# Aberdare No.1 Iron Mine, South Wales - May 2012



## Landsker (May 6, 2012)

A rather interesting mine this one, due to the fact its under a reservoir! The air shaft comes up in the middle of the reservoir.

Visited with cunningcorgi and two non members. 

Thanks to Chris for showing us about.

*History*

very little is known about Aberdare number 1 other than it opened in 1797 to supply the iron works of the Hanbury family who were the iron masters of Pontypool its hey day would have been during the Napolionic wars when the Hanbury iron works were at their busiest. The mine extends below the now disused Penyrhoel resevoior which opened in 1914 after the mine closed.
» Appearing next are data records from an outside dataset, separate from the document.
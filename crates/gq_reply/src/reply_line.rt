//! Replies of one line, made without allocation.
ghost use Rattle.std.specs.Prelude.{◌≡◌, ◌∷◌, ◌++◌, ◌+◌, ◌≤◌, [], length};
ghost use Rattle.gq_reply.specs.Replies.{text, accepted, IsLine};

use crate::reply::Reply;
use itoa::Buffer;
use std::marker::Model;

/// Up to 96 bytes; the model is their list.
#[derive(Drop)]
pub struct ReplyLine {
    bytes: [u8; 96],
    len: usize,
}

impl Model for ReplyLine {
    ghost use Rattle.std.specs.Prelude.{List, ℕ, take, ◌≤◌};

    ghost Value = { List ℕ };

    ghost view = { λ l. take l.len l.bytes };

    ghost invariant = { λ l. l.len ≤ 96 };
}

impl ReplyLine {
    fn new() -> ReplyLine
        ensures { result ≡ [] }
    {
        ReplyLine {
            bytes: [0; 96],
            len: 0,
        }
    }

    pub fn as_slice(&self) -> &[u8]
        ensures { result.now ≡ self.now }
    {
        &self.bytes[..self.len]
    }

    fn push_byte(&mut self, byte: u8)
        requires { length self.old + 1 ≤ 96 }
        ensures { self.new ≡ self.old ++ byte ∷ [] }
    {
        self.bytes[self.len] = byte;
        self.len += 1;
    }

    fn push(&mut self, part: &[u8])
        requires { length self.old + length part.now ≤ 96 }
        ensures { self.new ≡ self.old ++ part.now }
    {
        for byte in part {
            self.push_byte(*byte);
        }
    }
}

/// `ok` and a number.
pub fn accepted_line(n: u64) -> ReplyLine
    ensures { result ≡ accepted n }
{
    let mut line = ReplyLine::new();
    let mut digits = Buffer::new();
    line.push(b"ok ");
    line.push(digits.format(n).as_bytes());
    line.push(b"\n");
    line
}

/// The text of a reply of one line.
pub fn line_of(reply: &Reply) -> ReplyLine
    requires { IsLine reply.now }
    ensures { result ≡ text reply.now }
{
    let mut line = ReplyLine::new();
    let mut digits = Buffer::new();
    match reply {
        Reply::Done(n) => return accepted_line(*n),
        Reply::Rows { header: _, rows: _ } => unreachable!(),
        Reply::Refused { code, number } => {
            line.push(b"err ");
            line.push(digits.format(code.code()).as_bytes());
            line.push(b" ");
            line.push(code.name().as_bytes());
            if let Some(n) = number {
                line.push(b" ");
                line.push(digits.format(*n).as_bytes());
            }
        }
    }
    line.push(b"\n");
    line
}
Some concrete reforceing of the mine took place in 1909 to stop water draining out of the reservior and the mines air shaft was extended by a brick lined chymney which rose above the of the surface of the reservoir. 


1 





2 Collapse





3 Side passage, lot of water flowing down here





4 Deep water, couldnt go any further





5 Back in the main adit






6 Hudson 1 tonne tipper





7 the mine is a strange mix of various types of tunnel





8 The Iron Vagina






9 Passing through the vagina leads to this section






10 Which comes to a dodgy looking bit






11 Back in the main passage





12 






A very stoopy mine, my back now feels terrible!


----------



## King Al (May 6, 2012)

This place looks amazing! Like the poor old tipper and the bit in pic 9. Great pics Walsh


----------



## flyboys90 (May 6, 2012)

Thats a cracking mine but I agree with you some very dodgy areas!! great report & smashing photos thanks.


----------



## Landsker (May 6, 2012)

flyboys90 said:


> Thats a cracking mine but I agree with you some very dodgy areas!! great report & smashing photos thanks.



Thanks, in places you can see where the roof is delaminating in big slabs....


----------



## kevsy21 (May 6, 2012)

Nice work,wouldn't mind a look at this place.


----------